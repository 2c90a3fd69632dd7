//! What the variables of a body's expressions stand for.
ghost use Rattle.std.specs.Prelude.{◌≡◌, ℤ, pos, List, slice_get, length};
ghost use Rattle.std.specs.Option.{option_map};
ghost use Rattle.pst_model.specs.ConstraintTree.{view_slot};
ghost use Rattle.pst_model.specs.ModelView.{view_model};
ghost use Rattle.pst_model.specs.ConstraintTree.{Own};
ghost use Rattle.pst_scen.specs.Scenarios.{reference_at};
ghost use Rattle.pst_legal.specs.Body.{slot_value as slot_value_of};
ghost use Rattle.pst_legal.specs.Standing.{value_of};
ghost use Rattle.pst_legal.specs.Slots.{first_values, output_values, linked_slot, flow_slot, initial_slot, initial_by, claim_slot, claim_field_slot, act_slot};
ghost use Rattle.pst_body.specs.Sites.{place_of};

use crate::site::Site;
use crate::turns::Turns;
use pst_model::Slot;
use pst_scen::{First, Flow, Link};

/// The value of that number.
fn value_at(values: &[i64], number: u32) -> Option<i64>
    ensures { result ≡ slice_get values.now number }
{
    values.get(number as usize).copied()
}

/// A field of the first object of a pool.
fn first_field(firsts: &[First], pool: u32, field: u32) -> Option<i64>
    ensures { result ≡ slice_get (first_values firsts.now pool) field }
{
    for first in firsts {
        if first.pool == pool {
            return value_at(first.values.as_slice(), field);
        }
    }
    None
}

/// A field of what an action wrote by a reference.
fn written_field(site: &Site<'_>, act: u32, reference: u32, field: u32) -> Option<i64>
    ensures { result ≡ slice_get (output_values (reference_at site.now.scenario.now.actions act reference)) field }
{
    let act = site.scenario.actions.as_slice().get(act as usize)?;
    let filled = act.references.as_slice().get(reference as usize)?;
    filled.values.as_slice().get(field as usize).copied()
}

/// A field of the object that a link leads to.
fn linked_field(site: &Site<'_>, pool: u32, link: Link, field: u32) -> Option<i64>
    ensures { result ≡ value_of (linked_slot (view_model site.now.model.now) site.now.scenario.now pool link field) }
{
    match link {
        Link::Nothing => None,
        Link::Initial => first_field(site.scenario.firsts.as_slice(), pool, field),
        Link::Act { act, reference } => written_field(site, act, reference, field),
    }
}

/// A field of the object of a reference.
fn object_field(site: &Site<'_>, reference: u32, field: u32) -> Option<i64>
    ensures { result ≡ value_of (flow_slot (view_model site.now.model.now) site.now.scenario.now site.now.number reference (slice_get site.now.act.now.references reference) field) }
{
    let filled = site.act.references.as_slice().get(reference as usize)?;
    match filled.flow {
        Flow::BufferOut | Flow::StreamOut | Flow::StateOut => {
            filled.values.as_slice().get(field as usize).copied()
        }
        Flow::BufferIn | Flow::StreamIn | Flow::StateIn => {
            linked_field(site, filled.pool, filled.link, field)
        }
    }
}

/// Whether the object of a state reference is its pool's first one.
fn is_first(flow: Flow, link: Link) -> Option<i64>
    ensures { result ≡ value_of (initial_by flow link) }
{
    match flow {
        Flow::StateIn => match link {
            Link::Nothing => None,
            Link::Initial => Some(1),
            Link::Act { .. } => Some(0),
        },
        Flow::StateOut => Some(0),
        Flow::BufferIn | Flow::BufferOut | Flow::StreamIn | Flow::StreamOut => None,
    }
}

/// Whether the object of the state reference of that number is its pool's first one.
fn first_truth(site: &Site<'_>, reference: u32) -> Option<i64>
    ensures { result ≡ value_of (initial_slot (slice_get site.now.act.now.references reference)) }
{
    let filled = site.act.references.as_slice().get(reference as usize)?;
    is_first(filled.flow, filled.link)
}

/// The number of a claimed resource in its pool.
fn claimed_number(site: &Site<'_>, claim: u32) -> Option<i64>
    ensures { result ≡ value_of (claim_slot (view_model site.now.model.now) site.now.number site.now.act.now claim) }
{
    let claimed = site.act.claims.as_slice().get(claim as usize)?;
    Some(i64::from(claimed.instance))
}

/// A field of a claimed resource.
fn claimed_field(site: &Site<'_>, claim: u32, field: u32) -> Option<i64>
    ensures { result ≡ value_of (claim_field_slot (view_model site.now.model.now) site.now.number site.now.act.now claim field) }
{
    let claimed = site.act.claims.as_slice().get(claim as usize)?;
    claimed.values.as_slice().get(field as usize).copied()
}

/// A field of the action.
fn own_field(site: &Site<'_>, field: u32) -> Option<i64>
    ensures { result ≡ value_of (act_slot (view_model site.now.model.now) site.now.scenario.now site.now.number site.now.act.now (Own field)) }
{
    site.act.fields.as_slice().get(field as usize).copied()
}

/// The value of a slot where the locals have these values. A slot that a body has none of has no value.
pub(crate) fn slot_value(
    site: &Site<'_>,
    turns: &Turns<'_>,
    locals: &[i64],
    slot: &Slot,
) -> Option<i64>
    ensures { result ≡ slot_value_of (place_of site.now turns.now) locals.now (view_slot slot.now) }
{
    match slot {
        Slot::Local { local } => locals.get(*local as usize).copied(),
        Slot::Index { level } => Some(i64::from(turns.index(*level)?)),
        Slot::Own { field } => own_field(site, *field),
        Slot::Object { reference, field } => object_field(site, *reference, *field),
        Slot::First { reference } => first_truth(site, *reference),
        Slot::ClaimId { claim } => claimed_number(site, *claim),
        Slot::ClaimField { claim, field } => claimed_field(site, *claim, *field),
        Slot::Prev { .. } => None,
        Slot::IsFirst => None,
        Slot::Id => None,
        Slot::Through { .. } => None,
        Slot::Outer { .. } => None,
    }
}
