// Marks of variables.
ghost use Rattle.std.specs.Prelude.{◌≡◌, ℕ, ◌<◌, ◌≤◌, [], length, true, false, slice_set, OnOk};
ghost use Rattle.pst_reasons.specs.Marks.{marked_in, IsMarked, IsUnmarked};

use pst_base::NoMemory;
use std::alloc::Global;
use std::marker::Model;

/// Variables, by number, some of which are marked. Contracts see for each whether it is.
#[derive(Drop)]
pub(crate) struct Marks {
    flags: Vec<bool>,
    // How many are marked.
    count: usize,
}

impl Model for Marks {
    ghost use Rattle.std.specs.Prelude.{◌≡◌, List, Bool};
    ghost use Rattle.pst_reasons.specs.Marks.{marked_in};

    ghost Value = { List Bool };

    ghost view = { λ m. m.flags.items };

    ghost invariant = { λ m. m.count ≡ marked_in m.flags.items };
}

// Flags of more variables, none of which is marked.
fn add_flags(flags: &mut Vec<bool>, variables: usize) -> Result<(), NoMemory>
    ensures long { OnOk result (variables ≤ length flags.new.items) }
    ensures marked { marked_in flags.new.items ≡ marked_in flags.old.items }
{
    let begun = flags.len();
    for _at in begun..variables {
        flags.push(false)?;
    }
    Ok(())
}

// Whether the flag of a variable is set.
fn is_flagged(flags: &[bool], variable: u32) -> bool
    ensures yes { result ≡ true → IsMarked flags.now variable }
    ensures no { result ≡ false → IsMarked flags.now variable → ⊥ }
{
    match flags.get(variable as usize) {
        Some(flag) => *flag,
        None => false,
    }
}

impl Marks {
    /// No variables. It takes no memory.
    pub(crate) fn new(alloc: Global) -> Marks
        ensures { result ≡ [] }
    {
        Marks {
            flags: Vec::new(alloc),
            count: 0,
        }
    }

    /// Makes room for so many variables.
    pub(crate) fn make_room(&mut self, variables: usize) -> Result<(), NoMemory>
        ensures { OnOk result (variables ≤ length self.new) }
    {
        add_flags(&mut self.flags, variables)
    }

    /// Whether a variable is marked.
    pub(crate) fn has(&self, variable: u32) -> bool
        ensures yes { result ≡ true → IsMarked self.now variable }
        ensures no { result ≡ false → IsMarked self.now variable → ⊥ }
    {
        is_flagged(self.flags.as_slice(), variable)
    }

    /// Marks a variable.
    pub(crate) fn put(&mut self, variable: u32)
        requires { variable < length self.old }
        ensures { self.new ≡ slice_set self.old variable true }
    {
        if self.has(variable) {
            return;
        }
        self.flags[variable as usize] = true;
        self.count += 1;
    }

    /// Takes the mark off a variable.
    pub(crate) fn take(&mut self, variable: u32)
        ensures { IsUnmarked variable self.old self.new }
    {
        if !self.has(variable) {
            return;
        }
        self.flags[variable as usize] = false;
        self.count -= 1;
    }

    /// Whether no variable is marked.
    pub(crate) fn is_empty(&self) -> bool
        ensures { result ≡ true → (v : ℕ) → IsMarked self.now v → ⊥ }
    {
        let count = self.count;
        if count > 0 {
            return false;
        }
        true
    }
}
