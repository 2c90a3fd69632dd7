//! Steps of bodies.
ghost use Rattle.std.specs.Prelude.{◌≡◌, ◌<◌, ◌<ℤ◌, pos, All, IfSome, MatchResult, length, map, option_map, slice_get};
ghost use Rattle.pst_expr.specs.Value.{is_false};
ghost use Rattle.pst_model.specs.ConstraintTree.{view_constraint};
ghost use Rattle.pst_model.specs.ModelView.{view_model, view_source, view_body_step};
ghost use Rattle.pst_legal.specs.Body.{run_step as run_step_of, run_steps as run_steps_of, call as call_of, source as source_of, started, assigned, stored};
ghost use Rattle.pst_body.specs.Sites.{place_of};
ghost use Rattle.pst_body.specs.Doing.{Did};
ghost use Rattle.pst_body.specs.Ready.{CanEvaluate, CanCall, CanGet, CanRun};
ghost use Rattle.pst_body.specs.Steps.{begun, turns_of, Stored, Decided, Counted, dropped};

use crate::call::{call, read, test_range, value_from};
use crate::ending::BodyEnd;
use crate::memory::Memory;
use crate::site::Site;
use crate::turns::Turns;
use pst_expr::Span;
use pst_model::{BodyStep, Constraint, Source};
use pst_target::Target;

/// Sets a local to a value, if it is in the range.
fn store(memory: &mut Memory, local: u32, range: Span, value: i64) -> Result<(), BodyEnd>
    ensures { Stored local range value memory.old memory.new result }
{
    test_range(range, value)?;
    memory.set_local(local, value);
    Ok(())
}

/// Sets a local to a value of its range.
fn set<T: Target>(
    site: &Site<'_>,
    turns: &Turns<'_>,
    memory: &mut Memory,
    lane: &mut T,
    local: u32,
    range: Span,
    source: &Source,
) -> Result<(), BodyEnd>
    requires ready { CanGet (view_model site.now.model.now) memory.old.room (view_source source.now) }
    requires few { memory.old.calls < memory.old.count }
    ensures { Did (λ state. source_of (place_of site.now turns.now) state (view_source source.now) (stored local range)) memory.old memory.new (T.calls lane.old) (T.calls lane.new) (T.faults lane.old) (T.faults lane.new) result }
{
    let value = value_from(site, turns, memory, lane, source)?;
    store(memory, local, range, value)
}

/// Starts a local, at 0 where it has no first value.
fn declare<T: Target>(
    site: &Site<'_>,
    turns: &Turns<'_>,
    memory: &mut Memory,
    lane: &mut T,
    local: u32,
    range: Span,
    value: &Option<Source>,
) -> Result<(), BodyEnd>
    requires ready { IfSome (option_map view_source value.now) (CanGet (view_model site.now.model.now) memory.old.room) }
    requires few { memory.old.calls < memory.old.count }
    ensures { Did (λ state. started (place_of site.now turns.now) state local range (option_map view_source value.now)) memory.old memory.new (T.calls lane.old) (T.calls lane.new) (T.faults lane.old) (T.faults lane.new) result }
{
    match value {
        Some(source) => set(site, turns, memory, lane, local, range, source),
        None => {
            memory.set_local(local, 0);
            Ok(())
        }
    }
}

/// Assigns to a local.
fn assign<T: Target>(
    site: &Site<'_>,
    turns: &Turns<'_>,
    memory: &mut Memory,
    lane: &mut T,
    local: u32,
    source: &Source,
) -> Result<(), BodyEnd>
    requires inside { local < length site.now.ranges.now }
    requires ready { CanGet (view_model site.now.model.now) memory.old.room (view_source source.now) }
    requires few { memory.old.calls < memory.old.count }
    ensures { Did (λ state. assigned (place_of site.now turns.now) state local (slice_get site.now.ranges.now local) (view_source source.now)) memory.old memory.new (T.calls lane.old) (T.calls lane.new) (T.faults lane.old) (T.faults lane.new) result }
{
    let range = site.ranges[local as usize];
    set(site, turns, memory, lane, local, range, source)
}

/// Makes a call whose answer is dropped.
fn call_only<T: Target>(
    site: &Site<'_>,
    turns: &Turns<'_>,
    memory: &mut Memory,
    lane: &mut T,
    function: u32,
    arguments: &[Constraint],
) -> Result<(), BodyEnd>
    requires ready { CanCall (view_model site.now.model.now) memory.old.room function (map view_constraint arguments.now) }
    requires few { memory.old.calls < memory.old.count }
    ensures { Did (λ state. call_of (place_of site.now turns.now) state function (map view_constraint arguments.now) dropped) memory.old memory.new (T.calls lane.old) (T.calls lane.new) (T.faults lane.old) (T.faults lane.new) result }
{
    let _answer = call(site, turns, memory, lane, function, arguments)?;
    Ok(())
}

/// Whether a number is 0.
fn is_zero(value: i64) -> bool
    ensures { result ≡ is_false value }
{
    value == 0
}

/// Whether a condition fails.
fn fails(
    site: &Site<'_>,
    turns: &Turns<'_>,
    memory: &mut Memory,
    condition: &Constraint,
) -> Result<bool, BodyEnd>
    requires { CanEvaluate memory.old.room (view_constraint condition.now) }
    ensures value { Decided (place_of site.now turns.now) (view_constraint condition.now) memory.old result }
    ensures same { memory.new ≡ memory.old }
{
    let value = read(site, turns, memory, condition)?;
    Ok(is_zero(value))
}

/// How many turns a count stands for.
fn turns_in(count: i64) -> Result<u64, BodyEnd>
    ensures { MatchResult result (λ n. count ≡ pos n) (λ end. (count <ℤ pos 0) × (end ≡ BodyEnd.Trap 1)) }
{
    if count < 0 {
        return Err(BodyEnd::Trap { kind: 1 });
    }
    Ok(count as u64)
}

/// How many turns there are.
fn count_of(
    site: &Site<'_>,
    turns: &Turns<'_>,
    memory: &mut Memory,
    count: &Constraint,
) -> Result<u64, BodyEnd>
    requires { CanEvaluate memory.old.room (view_constraint count.now) }
    ensures value { Counted (place_of site.now turns.now) (view_constraint count.now) memory.old result }
    ensures same { memory.new ≡ memory.old }
{
    let value = read(site, turns, memory, count)?;
    turns_in(value)
}

/// Runs a step.
#[cycle(steps)]
fn run_step<T: Target>(
    step: &BodyStep,
    site: &Site<'_>,
    turns: &Turns<'_>,
    memory: &mut Memory,
    lane: &mut T,
) -> Result<(), BodyEnd>
    requires { CanRun (view_model site.now.model.now) (length site.now.ranges.now) memory.old.room (view_body_step step.now) }
    ensures { Did (run_step_of (place_of site.now turns.now) (view_body_step step.now)) memory.old memory.new (T.calls lane.old) (T.calls lane.new) (T.faults lane.old) (T.faults lane.new) result }
{
    memory.tick()?;
    run_begun(step, site, turns, memory, lane)
}

/// Runs a step that has been counted.
#[cycle(steps)]
fn run_begun<T: Target>(
    step: &BodyStep,
    site: &Site<'_>,
    turns: &Turns<'_>,
    memory: &mut Memory,
    lane: &mut T,
) -> Result<(), BodyEnd>
    requires ready { CanRun (view_model site.now.model.now) (length site.now.ranges.now) memory.old.room (view_body_step step.now) }
    requires few { memory.old.calls < memory.old.count }
    ensures { Did (begun (place_of site.now turns.now) (view_body_step step.now)) memory.old memory.new (T.calls lane.old) (T.calls lane.new) (T.faults lane.old) (T.faults lane.new) result }
{
    match step {
        BodyStep::Declare {
            local,
            range,
            value,
        } => declare(site, turns, memory, lane, *local, *range, value),
        BodyStep::Assign { local, value } => assign(site, turns, memory, lane, *local, value),
        BodyStep::Call {
            function,
            arguments,
        } => call_only(site, turns, memory, lane, *function, arguments.as_slice()),
        BodyStep::If { condition, yes, no } => {
            let when_true = yes.as_slice();
            let when_false = no.as_slice();
            let failed = fails(site, turns, memory, condition)?;
            if failed {
                run_steps(when_false, site, turns, memory, lane)
            } else {
                run_steps(when_true, site, turns, memory, lane)
            }
        }
        BodyStep::Repeat { count, body } => {
            let steps = body.as_slice();
            let number = count_of(site, turns, memory, count)?;
            run_turns(steps, number, site, turns, memory, lane)
        }
    }
}

/// Runs as many turns of steps.
#[cycle(steps)]
fn run_turns<T: Target>(
    body: &[BodyStep],
    count: u64,
    site: &Site<'_>,
    turns: &Turns<'_>,
    memory: &mut Memory,
    lane: &mut T,
) -> Result<(), BodyEnd>
    requires { All (CanRun (view_model site.now.model.now) (length site.now.ranges.now) memory.old.room) (map view_body_step body.now) }
    ensures { Did (turns_of (place_of site.now turns.now) (map view_body_step body.now) 0 count) memory.old memory.new (T.calls lane.old) (T.calls lane.new) (T.faults lane.old) (T.faults lane.new) result }
{
    let mut left = count;
    let mut index = 0;
    'turns: while left > 0 {
        memory.tick()?;
        run_steps(body, site, &Turns::Within(&*turns, index), memory, lane)?;
        index += 1;
        left -= 1;
    }
    Ok(())
}

/// Runs steps.
#[cycle(steps)]
pub(crate) fn run_steps<T: Target>(
    steps: &[BodyStep],
    site: &Site<'_>,
    turns: &Turns<'_>,
    memory: &mut Memory,
    lane: &mut T,
) -> Result<(), BodyEnd>
    requires { All (CanRun (view_model site.now.model.now) (length site.now.ranges.now) memory.old.room) (map view_body_step steps.now) }
    ensures { Did (run_steps_of (place_of site.now turns.now) (map view_body_step steps.now)) memory.old memory.new (T.calls lane.old) (T.calls lane.new) (T.faults lane.old) (T.faults lane.new) result }
{
    for step in steps {
        run_step(step, site, turns, memory, lane)?;
    }
    Ok(())
}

§ Problem statement
Filter the entries down to the lines that hold "dropped". Copy those lines.

§ Exercise output
ghost use Rattle.pst_body.specs.Steps.{begun, turns_of, Stored, Decided, Counted, dropped};
/// Makes a call whose answer is dropped.
    ensures { Did (λ state. call_of (place_of site.now turns.now) state function (map view_constraint arguments.now) dropped) memory.old memory.new (T.calls lane.old) (T.calls lane.new) (T.faults lane.old) (T.faults lane.new) result }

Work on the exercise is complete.